The Affordable Care Act includes a regulation that requires insurers spend 80-85 percent of the cash raised by premiums on actual healthcare, rather than on cushy salaries for insurance company executives and other overhead. The Journal got its hands on a McDonald's memo sent to federal regulators asserting that it would be "economically prohibitive for our carrier to continue offering" one of its plans without an exemption from the rule.
And that's really it. A big corporation is trying to squeeze out of a new health care rule by threatening to drop coverage for its workers. It's hard to imagine a more predictable response to reform. Similar attempts are made every day by corporations powerful enough to lobby the government on any number of issues. In fact, you could argue that if McDonalds wasn't resisting healthcare reform that would be de facto proof that the new rules don't have teeth to make any difference.

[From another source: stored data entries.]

//! A text as lines, and a line as fields.

ghost use Rattle.std.specs.Prelude.{◌≡◌, ◌<◌, ◌≤◌, ◌∷◌, [], length, MatchOption, IfSome, ◌⊎◌, slice_index, false, position};
ghost use Rattle.std.specs.List.{list_all};
ghost use Rattle.std.specs.Str.Lines.{lines, strip_carriage_return};
ghost use Rattle.script_fields.specs.Text.{fields, without_comment, is_allowed, is_ink, is_semicolon};

use crate::scan::{blank_at, feed_at};

fn without_return(line: &[u8]) -> &[u8]
    ensures { result.now ≡ strip_carriage_return line.now }
{
    match line {
        [front @ .., b'\r'] => front,
        _ => line,
    }
}

fn ink_at(line: &[u8]) -> Option<usize>
    ensures { result ≡ position is_ink line.now }
{
    line.iter().position(|b| !(*b == b' ' || *b == b'\t'))
}

fn semicolon_at(line: &[u8]) -> Option<usize>
    ensures { result ≡ position is_semicolon line.now }
{
    line.iter().position(|b| *b == b';')
}

/// The first line, and what stands after it.
#[tactic(auto, using(crate::proofs::FirstLines::line_first, crate::proofs::FirstLines::line_last))]
pub fn first_line(text: &[u8]) -> Option<(&[u8], &[u8])>
    ensures lines { MatchOption result (lines text.now ≡ []) (λ x. lines text.now ≡ x.0.now ∷ lines x.1.now) }
    ensures shorter { IfSome result (λ x. length x.1.now < length text.now) }
{
    if text.is_empty() {
        return None;
    }
    match feed_at(text) {
        None => Some((text, &[])),
        Some(end) => {
            let (line, _) = text.split_at(end);
            let (_, after) = text.split_at(end + 1);
            Some((without_return(line), after))
        }
    }
}

/// The first field, and what stands after it.
#[tactic(auto, using(crate::proofs::FirstLines::field_first, crate::proofs::FirstLines::field_last, crate::proofs::FirstLines::field_none))]
pub fn first_field(line: &[u8]) -> Option<(&[u8], &[u8])>
    ensures fields { MatchOption result (fields line.now ≡ []) (λ x. fields line.now ≡ x.0.now ∷ fields x.1.now) }
    ensures shorter { IfSome result (λ x. length x.1.now < length line.now) }
{
    let start = ink_at(line)?;
    let (_, rest) = line.split_at(start);
    match blank_at(rest) {
        None => Some((rest, &[])),
        Some(end) => {
            let (field, _) = rest.split_at(end);
            let (_, after) = rest.split_at(end + 1);
            Some((field, after))
        }
    }
}

/// The line without its comment.
#[tactic(auto, unfolding(crate::specs::Text::without_comment), using(crate::proofs::FirstLines::before_at, crate::proofs::FirstLines::before_none))]
pub fn code_part(line: &[u8]) -> &[u8]
    ensures { result.now ≡ without_comment line.now }
{
    match semicolon_at(line) {
        None => line,
        Some(end) => &line[..end],
    }
}

/// Whether a line holds only bytes that it may hold outside comments.
pub fn has_allowed(line: &[u8]) -> bool
    ensures { result ≡ list_all is_allowed line.now }
{
    line.iter()
        .all(|b| *b == b'\t' || (b' ' <= *b && *b <= b'~'))
}
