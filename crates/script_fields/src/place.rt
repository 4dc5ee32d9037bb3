//! Places.

use crate::register::Register;
use std::fmt;

/// A place, a size or an argument: a number, or what stands in the low 8 bytes of a register.
#[derive(Clone, Copy, Debug, PartialEq, Eq)]
pub enum Place {
    Number(u64),
    Register(Register),
}

impl fmt::Display for Place {
    ghost use Rattle.std.specs.Prelude.{Some};
    ghost use Rattle.script_fields.specs.Spelling.{place_text};

    ghost output = { λ place. Some (place_text place) };

    fn fmt<W: fmt::Write>(&self, f: &mut fmt::Formatter<W>) -> fmt::Result {
        match *self {
            Place::Number(number) => write!(f, "{number}"),
            Place::Register(register) => f.write_str(register.name()),
        }
    }
}
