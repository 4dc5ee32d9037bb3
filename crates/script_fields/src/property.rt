//! The properties of blocks.

ghost use Rattle.std.specs.Prelude.{◌≡◌, position};
ghost use Rattle.script_fields.specs.Operands.{property, add_property, props, is_plus};
ghost use Rattle.script_fields.specs.Properties.{has_property, with_property, props_text};

use crate::fault::FaultKind;
use crate::names::lookup;
use itm_types::Props;

/// One property of a block.
#[derive(Clone, Copy)]
enum Property {
    NoAbort,
    NoIrrevocable,
    GoesIrrevocable,
}

/// The properties, by name.
const PROPERTIES: [(&[u8], Property); 3] = [
    (b"pr_hasNoAbort", Property::NoAbort),
    (b"pr_hasNoIrrevocable", Property::NoIrrevocable),
    (b"pr_doesGoIrrevocable", Property::GoesIrrevocable),
];

/// The property of this name.
#[tactic(auto, unfolding(crate::specs::Operands::property))]
fn named(name: &[u8]) -> Option<Property>
    ensures { result ≡ property name.now }
{
    lookup(&PROPERTIES, name)
}

fn has_property(props: Props, property: Property) -> bool
    ensures { result ≡ has_property props property }
{
    match property {
        Property::NoAbort => props.no_abort,
        Property::NoIrrevocable => props.no_irrevocable,
        Property::GoesIrrevocable => props.goes_irrevocable,
    }
}

fn with_property(props: Props, property: Property) -> Props
    ensures { result ≡ with_property props property }
{
    match property {
        Property::NoAbort => Props {
            no_abort: true,
            ..props
        },
        Property::NoIrrevocable => Props {
            no_irrevocable: true,
            ..props
        },
        Property::GoesIrrevocable => Props {
            goes_irrevocable: true,
            ..props
        },
    }
}

fn add_property(props: Props, property: Option<Property>) -> Result<Props, FaultKind>
    ensures { result ≡ add_property props property }
{
    match property {
        Some(property) if !has_property(props, property) => Ok(with_property(props, property)),
        _ => Err(FaultKind::Operand),
    }
}

fn plus_at(text: &[u8]) -> Option<usize>
    ensures { result ≡ position is_plus text.now }
{
    text.iter().position(|b| *b == b'+')
}

/// The properties of a block: `-`, or names with `+` between them, none of them twice.
#[tactic(auto, unfolding(crate::specs::Operands::props), using(crate::proofs::NamedProperties::name_added, crate::proofs::NamedProperties::name_refused, crate::proofs::NamedProperties::name_last))]
pub fn props(field: &[u8]) -> Result<Props, FaultKind>
    ensures { result ≡ props field.now }
{
    let mut props = Props {
        no_abort: false,
        no_irrevocable: false,
        goes_irrevocable: false,
    };
    if field == b"-".as_slice() {
        return Ok(props);
    }
    let mut rest = field;
    while let Some(end) = plus_at(rest) {
        let (name, _) = rest.split_at(end);
        let (_, after) = rest.split_at(end + 1);
        props = add_property(props, named(name))?;
        rest = after;
    }
    add_property(props, named(rest))
}

/// How properties are written: their names in order with `+` between them, or `-`.
pub fn props_text(props: Props) -> &'static str
    ensures { result.now ≡ props_text props }
{
    match (props.no_abort, props.no_irrevocable, props.goes_irrevocable) {
        (false, false, false) => "-",
        (true, false, false) => "pr_hasNoAbort",
        (false, true, false) => "pr_hasNoIrrevocable",
        (false, false, true) => "pr_doesGoIrrevocable",
        (true, true, false) => "pr_hasNoAbort+pr_hasNoIrrevocable",
        (true, false, true) => "pr_hasNoAbort+pr_doesGoIrrevocable",
        (false, true, true) => "pr_hasNoIrrevocable+pr_doesGoIrrevocable",
        (true, true, true) => "pr_hasNoAbort+pr_hasNoIrrevocable+pr_doesGoIrrevocable",
    }
}
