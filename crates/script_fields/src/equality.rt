//! The types of this crate whose `==` tells any two values apart.

ghost use Rattle.std.proofs.Common.{rules, tests};

use crate::fault::{AsmFault, FaultKind};
use crate::literal::Literal;
use crate::place::Place;
use crate::register::Register;
use itm_types::ExactEq;

impl ExactEq for AsmFault {
    ghost exact = { Prim.search (tests, rules) };
}

impl ExactEq for FaultKind {
    ghost exact = { Prim.search (tests, rules) };
}

impl ExactEq for Literal {
    ghost exact = { Prim.search (tests, rules) };
}

impl ExactEq for Place {
    ghost exact = { Prim.search (tests, rules) };
}

impl ExactEq for Register {
    ghost exact = { Prim.search (tests, rules) };
}
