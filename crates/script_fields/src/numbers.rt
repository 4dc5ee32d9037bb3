//! Fields as numbers.

ghost use Rattle.std.specs.Prelude.{◌≡◌, ◌≤◌, ◌<◌, ◌^◌, IfOk};
ghost use Rattle.std.specs.List.{list_all};
ghost use Rattle.script_fields.specs.Operands.{is_digit, is_number, value_of, number, within, function};

use crate::fault::FaultKind;

fn has_digits(field: &[u8]) -> bool
    ensures { result ≡ list_all is_digit field.now }
{
    field.iter().all(|b| b'0' <= *b && *b <= b'9')
}

fn is_number(field: &[u8]) -> bool
    ensures { result ≡ is_number field.now }
{
    !field.is_empty() && !(field[0] == b'0' && 1 < field.len()) && has_digits(field)
}

#[tactic(auto, using(crate::proofs::Digits::too_big, crate::proofs::Digits::all_read))]
fn value_of(field: &[u8]) -> Option<u64>
    ensures { result ≡ value_of field.now }
{
    let mut total = 0u64;
    for b in field {
        let digit = u64::from(b.saturating_sub(b'0'));
        total = total.checked_mul(10)?.checked_add(digit)?;
    }
    Some(total)
}

/// A number of at most 64 bits: digits with no leading zero except `0` itself.
#[tactic(auto, unfolding(crate::specs::Operands::number))]
pub fn number(field: &[u8]) -> Result<u64, FaultKind>
    ensures { result ≡ number field.now }
{
    // most numbers are one digit
    if field.len() == 1 && b'0' <= field[0] && field[0] <= b'9' {
        return Ok(u64::from(field[0] - b'0'));
    }
    if !is_number(field) {
        return Err(FaultKind::Operand);
    }
    match value_of(field) {
        Some(n) => Ok(n),
        None => Err(FaultKind::Range),
    }
}

/// The number, where it is one of those from low to high.
pub fn within(low: u64, high: u64, n: u64) -> Result<u64, FaultKind>
    ensures value { result ≡ within low high n }
    ensures low { IfOk result (λ n. low ≤ n) }
    ensures high { IfOk result (λ n. n ≤ high) }
{
    if low <= n && n <= high {
        Ok(n)
    } else {
        Err(FaultKind::Range)
    }
}

/// The number of a function: at most 32 bits.
#[tactic(auto, unfolding(crate::specs::Operands::function))]
pub fn function(field: &[u8]) -> Result<u32, FaultKind>
    ensures { result ≡ function field.now }
{
    Ok(within(0, u64::from(u32::MAX), number(field)?)? as u32)
}
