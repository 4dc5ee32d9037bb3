//! Fields that are one of a few words.

ghost use Rattle.std.specs.Prelude.{◌≡◌};
ghost use Rattle.script_fields.specs.Operands.{exactly, scope, mode, no_transaction};
ghost use Rattle.script_fields.specs.Spelling.{scope_text};

use crate::fault::FaultKind;

/// This text and no other.
pub fn exactly(text: &[u8], field: &[u8]) -> Result<(), FaultKind>
    ensures { result ≡ exactly text.now field.now }
{
    if field == text {
        Ok(())
    } else {
        Err(FaultKind::Operand)
    }
}

/// The scope of an abort: whether all blocks that are open are cancelled.
#[tactic(auto, unfolding(crate::specs::Operands::scope))]
pub fn scope(field: &[u8]) -> Result<bool, FaultKind>
    ensures { result ≡ scope field.now }
{
    if field == b"userAbort".as_slice() {
        Ok(false)
    } else if field == b"userAbort+outerAbort".as_slice() {
        Ok(true)
    } else {
        Err(FaultKind::Operand)
    }
}

/// How the scope of an abort is written.
pub fn scope_text(outer: bool) -> &'static str
    ensures { result.now ≡ scope_text outer }
{
    if outer {
        "userAbort+outerAbort"
    } else {
        "userAbort"
    }
}

/// The one mode that a transaction can be changed to.
#[tactic(auto, unfolding(crate::specs::Operands::mode))]
pub fn mode(field: &[u8]) -> Result<(), FaultKind>
    ensures { result ≡ mode field.now }
{
    exactly(b"modeSerialIrrevocable", field)
}

/// The word for an action that is bound to no transaction.
#[tactic(auto, unfolding(crate::specs::Operands::no_transaction))]
pub fn no_transaction(field: &[u8]) -> Result<(), FaultKind>
    ensures { result ≡ no_transaction field.now }
{
    exactly(b"_ITM_noTransactionId", field)
}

The Wall Street Journal, incidentally, notes that McDonalds refuses to say exactly what percentage of premiums in the plan in question do go to overhead currently, which should be red flag number one.
Jonathan Cohn, at the New Republic and Igor Volsky at Wonk Room have more detailed explanations of what's really going on here, for those interested in getting super-wonky. But here's the big picture.
The McDonald's plan in question, part of a class of plans referred to as "min-meds" is an example of the kind of broken healthcare insurance system that the Affordable Care Act is intended to fix. For 14 dollars a week, employees get about $2000 worth of coverage for a whole year. For $32 dollars, the plan maxxes out at $10,000. This is, of course, worthless for a worker who comes down with any kind of serious medical condition. One of the reasons we need a better healthcare insurance system is because underinsured workers end up costing society more than if they had adequate coverage -- and low paid McDonald's employees are exactly the kind of workers who are likely to be most devastated by the financial hit of a major health calamity.
By 2014, cheap-rate bottom-of-the-barrel health plans of this sort will cease to exist, as they will not meet the requirements of the Affordable Care Act. By that point, Americans will theoretically have the opportunity to buy more comprehensive healthcare through the ACA-mandated Health Care Exchanges.
It's a long way to 2014 from now, and the Wall Street Journal certainly isn't helping by spinning every bump in the road as proof that healthcare reform is fundamentally flawed. In the runup to 2014 it may even make total sense to provide waivers and other accommodations to companies and local governments to smooth the path forward -- and that, in fact, appears to be exactly the administration's plan. There will undoubtedly be unexpected costs incurred along the way. And the private sector will kick and scream at every opportunity. That's totally normal.